● **What to produce**
Provide the entries once more, identical in every word.

####################

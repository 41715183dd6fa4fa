ghost use Rattle.std.specs.Prelude.{◌≡◌};
ghost use Rattle.geom_core.specs.Limits.{has_distinct_corners, is_grid_triangle};

use crate::points::Pt;

/// A triangle by its corners in order. Its directed edges are a to b, b to c and c to a.
#[derive(Clone, Copy, Debug, PartialEq, Eq)]
pub struct Tri {
    /// The first corner.
    pub a: Pt,
    /// The second corner.
    pub b: Pt,
    /// The third corner.
    pub c: Pt,
}

impl Tri {
    /// Whether no two corners are the same point.
    pub fn has_distinct_corners(self) -> bool
        ensures { result ≡ has_distinct_corners self }
    {
        self.a != self.b && self.b != self.c && self.c != self.a
    }

    /// Whether this may be a triangle of a mesh: three different corners, each coordinate at most
    /// `MAX_COORDINATE` from 0.
    pub fn is_grid_triangle(self) -> bool
        ensures { result ≡ is_grid_triangle self }
    {
        self.a.is_grid_point()
            && self.b.is_grid_point()
            && self.c.is_grid_point()
            && self.has_distinct_corners()
    }
}

/// A triangle of some level of detail, with the source triangle that it came from.
#[derive(Clone, Copy, Debug, PartialEq, Eq)]
pub struct Tagged {
    /// The triangle. Simplification may have moved its corners, each in its place.
    pub tri: Tri,
    /// The index, from 0, of its source triangle in the mesh that was read.
    pub source: u32,
}
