ghost use Rattle.std.specs.Prelude.{◌≡◌, length};
ghost use Rattle.dag_core.specs.Ranges.{are_members, is_group_box, is_group_or_none};
ghost use Rattle.geom_core.specs.Boxes.{is_under};
ghost use Rattle.geom_core.specs.Limits.{has_grid_corners};
ghost use Rattle.page_codec.specs.Breaks.{first_of, group_rules, head_rules, triangle_rules};

use crate::records::group_from;
use dag_core::{ClusterHead, Counts};
use geom_core::limits::{CLUSTERS_PER_GROUP, MAX_ERROR, TRIANGLES_PER_CLUSTER};
use geom_core::{Cube, Pt, Tagged, Tri};

/// Whether each corner may be a point of a mesh.
fn has_grid_corners(t: Tri) -> bool
    ensures corners { result ≡ has_grid_corners t }
{
    t.a.is_grid_point() && t.b.is_grid_point() && t.c.is_grid_point()
}

/// Returns the least rule that the triangle breaks.
#[tactic(auto, unfolding(crate::specs::Breaks::triangle_rules))]
pub(crate) fn triangle_rule(sources: u32, t: Tagged) -> Option<u8>
    ensures rule { result ≡ first_of (triangle_rules sources t) }
{
    if !has_grid_corners(t.tri) {
        return Some(1);
    }
    if !t.tri.has_distinct_corners() {
        return Some(2);
    }
    (t.source >= sources).then_some(3)
}

/// Whether p is at most q on each axis.
#[tactic(auto, unfolding(geom_core::specs::Boxes::is_under))]
fn is_under(p: Pt, q: Pt) -> bool
    ensures order { result ≡ is_under p q }
{
    p.x <= q.x && p.y <= q.y && p.z <= q.z
}

/// Whether the box may be a group's: its corners are points of a mesh, the low one not above the high one.
fn is_group_box(cube: Cube) -> bool
    ensures box_range { result ≡ is_group_box cube }
{
    cube.lo.is_grid_point() && cube.hi.is_grid_point() && is_under(cube.lo, cube.hi)
}

/// Whether a group may have this first member and this number of members.
fn are_members(counts: &Counts, first: u32, count: u32) -> bool
    ensures member_range { result ≡ are_members counts.now first count }
{
    1 <= count && count <= CLUSTERS_PER_GROUP && first <= counts.clusters
}

/// Returns the least rule that a group of these eleven numbers breaks.
#[tactic(auto, unfolding(crate::specs::Breaks::group_rules))]
pub(crate) fn group_rule(counts: &Counts, numbers: &[u32]) -> Option<u8>
    requires length { length numbers.now ≡ 11 }
    ensures rule { result ≡ first_of (group_rules counts.now numbers.now) }
{
    let group = group_from(numbers);
    if group.error > MAX_ERROR {
        return Some(1);
    }
    if numbers[1] > 1 {
        return Some(2);
    }
    if !is_group_box(group.cube) {
        return Some(3);
    }
    if group.page >= counts.pages {
        return Some(4);
    }
    (!are_members(counts, group.first, group.count)).then_some(5)
}

/// Whether the cluster's maker is a group's number or none.
fn has_maker_in_range(counts: &Counts, head: ClusterHead) -> bool
    ensures maker_range { result ≡ is_group_or_none counts.now head.made }
{
    match head.made {
        Some(maker) => maker < counts.groups,
        None => true,
    }
}

/// Returns the least rule that the cluster breaks.
#[tactic(auto, unfolding(crate::specs::Breaks::head_rules))]
pub(crate) fn head_rule(counts: &Counts, head: ClusterHead) -> Option<u8>
    ensures rule { result ≡ first_of (head_rules counts.now head) }
{
    if !has_maker_in_range(counts, head) {
        return Some(6);
    }
    (head.tris < 1 || head.tris > TRIANGLES_PER_CLUSTER).then_some(7)
}
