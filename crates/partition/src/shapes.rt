ghost use Rattle.std.specs.Prelude.{◌≡◌, List};
ghost use Rattle.half_mesh.specs.declared.edges.Edge.{Edge};

use geom_core::Pt;
use half_mesh::Edge;
use std::marker::Model;

/// A list of edges. A contract sees the list itself.
#[derive(Debug, Drop)]
pub struct Edges {
    items: Vec<Edge>,
}

impl Model for Edges {
    ghost Value = { List Edge };

    ghost view = { λ edges. edges.items.items };
}

impl Edges {
    /// The list of these edges. Takes no memory.
    pub fn of(items: Vec<Edge>) -> Edges
        ensures { result ≡ items.items }
    {
        Edges { items }
    }

    /// The edges, in order.
    pub fn as_slice(&self) -> &[Edge]
        ensures { result.now ≡ self.now }
    {
        self.items.as_slice()
    }

    /// The vector that holds the edges. Takes no memory.
    pub fn into_vec(self) -> Vec<Edge>
        ensures { result.items ≡ self }
    {
        let Edges { items } = self;
        items
    }
}

/// What decides a cluster's group: its position and the edges of its rim.
#[derive(Debug, Drop)]
pub struct ClusterShape {
    /// The corner of least x, y and z of the cluster's box.
    pub low: Pt,
    /// The edges of the cluster's rim, each once: those whose edge sum isn't 0.
    pub rim: Edges,
}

####################

● **Task output**
repository 41715183dd6fa4fa
ghost use Rattle.std.specs.Prelude.{◌≡◌};
ghost use Rattle.geom_core.specs.Limits.{has_distinct_corners, is_grid_triangle};

use crate::points::Pt;

/// A triangle by its corners in order. Its directed edges are a to b, b to c and c to a.
#[derive(Clone, Copy, Debug, PartialEq, Eq)]
pub struct Tri {
    /// The first corner.
    pub a: Pt,
    /// The second corner.
    pub b: Pt,
    /// The third corner.
    pub c: Pt,
}

impl Tri {
    /// Whether no two corners are the same point.
    pub fn has_distinct_corners(self) -> bool
        ensures { result ≡ has_distinct_corners self }
    {
        self.a != self.b && self.b != self.c && self.c != self.a
    }

    /// Whether this may be a triangle of a mesh: three different corners, each coordinate at most
    /// `MAX_COORDINATE` from 0.
    pub fn is_grid_triangle(self) -> bool
        ensures { result ≡ is_grid_triangle self }
    {
        self.a.is_grid_point()
            && self.b.is_grid_point()
            && self.c.is_grid_point()
            && self.has_distinct_corners()
    }
}

/// A triangle of some level of detail, with the source triangle that it came from.
#[derive(Clone, Copy, Debug, PartialEq, Eq)]
pub struct Tagged {
    /// The triangle. Simplification may have moved its corners, each in its place.
    pub tri: Tri,
    /// The index, from 0, of its source triangle in the mesh that was read.
    pub source: u32,
}
ghost use Rattle.std.specs.Prelude.{◌≡◌, length};
ghost use Rattle.dag_core.specs.Ranges.{are_members, is_group_box, is_group_or_none};
ghost use Rattle.geom_core.specs.Boxes.{is_under};
ghost use Rattle.geom_core.specs.Limits.{has_grid_corners};
ghost use Rattle.page_codec.specs.Breaks.{first_of, group_rules, head_rules, triangle_rules};

use crate::records::group_from;
use dag_core::{ClusterHead, Counts};
use geom_core::limits::{CLUSTERS_PER_GROUP, MAX_ERROR, TRIANGLES_PER_CLUSTER};
use geom_core::{Cube, Pt, Tagged, Tri};

/// Whether each corner may be a point of a mesh.
fn has_grid_corners(t: Tri) -> bool
    ensures corners { result ≡ has_grid_corners t }
{
    t.a.is_grid_point() && t.b.is_grid_point() && t.c.is_grid_point()
}

/// Returns the least rule that the triangle breaks.
#[tactic(auto, unfolding(crate::specs::Breaks::triangle_rules))]
pub(crate) fn triangle_rule(sources: u32, t: Tagged) -> Option<u8>
    ensures rule { result ≡ first_of (triangle_rules sources t) }
{
    if !has_grid_corners(t.tri) {
        return Some(1);
    }
    if !t.tri.has_distinct_corners() {
        return Some(2);
    }
    (t.source >= sources).then_some(3)
}

/// Whether p is at most q on each axis.
#[tactic(auto, unfolding(geom_core::specs::Boxes::is_under))]
fn is_under(p: Pt, q: Pt) -> bool
    ensures order { result ≡ is_under p q }
{
    p.x <= q.x && p.y <= q.y && p.z <= q.z
}

/// Whether the box may be a group's: its corners are points of a mesh, the low one not above the high one.
fn is_group_box(cube: Cube) -> bool
    ensures box_range { result ≡ is_group_box cube }
{
    cube.lo.is_grid_point() && cube.hi.is_grid_point() && is_under(cube.lo, cube.hi)
}

/// Whether a group may have this first member and this number of members.
fn are_members(counts: &Counts, first: u32, count: u32) -> bool
    ensures member_range { result ≡ are_members counts.now first count }
{
    1 <= count && count <= CLUSTERS_PER_GROUP && first <= counts.clusters
}

/// Returns the least rule that a group of these eleven numbers breaks.
#[tactic(auto, unfolding(crate::specs::Breaks::group_rules))]
pub(crate) fn group_rule(counts: &Counts, numbers: &[u32]) -> Option<u8>
    requires length { length numbers.now ≡ 11 }
    ensures rule { result ≡ first_of (group_rules counts.now numbers.now) }
{
    let group = group_from(numbers);
    if group.error > MAX_ERROR {
        return Some(1);
    }
    if numbers[1] > 1 {
        return Some(2);
    }
    if !is_group_box(group.cube) {
        return Some(3);
    }
    if group.page >= counts.pages {
        return Some(4);
    }
    (!are_members(counts, group.first, group.count)).then_some(5)
}

/// Whether the cluster's maker is a group's number or none.
fn has_maker_in_range(counts: &Counts, head: ClusterHead) -> bool
    ensures maker_range { result ≡ is_group_or_none counts.now head.made }
{
    match head.made {
        Some(maker) => maker < counts.groups,
        None => true,
    }
}

/// Returns the least rule that the cluster breaks.
#[tactic(auto, unfolding(crate::specs::Breaks::head_rules))]
pub(crate) fn head_rule(counts: &Counts, head: ClusterHead) -> Option<u8>
    ensures rule { result ≡ first_of (head_rules counts.now head) }
{
    if !has_maker_in_range(counts, head) {
        return Some(6);
    }
    (head.tris < 1 || head.tris > TRIANGLES_PER_CLUSTER).then_some(7)
}
filename crates/partition/src/shapes.rt
ghost use Rattle.std.specs.Prelude.{◌≡◌, List};
ghost use Rattle.half_mesh.specs.declared.edges.Edge.{Edge};

use geom_core::Pt;
use half_mesh::Edge;
use std::marker::Model;

/// A list of edges. A contract sees the list itself.
#[derive(Debug, Drop)]
pub struct Edges {
    items: Vec<Edge>,
}

impl Model for Edges {
    ghost Value = { List Edge };

    ghost view = { λ edges. edges.items.items };
}

impl Edges {
    /// The list of these edges. Takes no memory.
    pub fn of(items: Vec<Edge>) -> Edges
        ensures { result ≡ items.items }
    {
        Edges { items }
    }

    /// The edges, in order.
    pub fn as_slice(&self) -> &[Edge]
        ensures { result.now ≡ self.now }
    {
        self.items.as_slice()
    }

    /// The vector that holds the edges. Takes no memory.
    pub fn into_vec(self) -> Vec<Edge>
        ensures { result.items ≡ self }
    {
        let Edges { items } = self;
        items
    }
}

/// What decides a cluster's group: its position and the edges of its rim.
#[derive(Debug, Drop)]
pub struct ClusterShape {
    /// The corner of least x, y and z of the cluster's box.
    pub low: Pt,
    /// The edges of the cluster's rim, each once: those whose edge sum isn't 0.
    pub rim: Edges,
}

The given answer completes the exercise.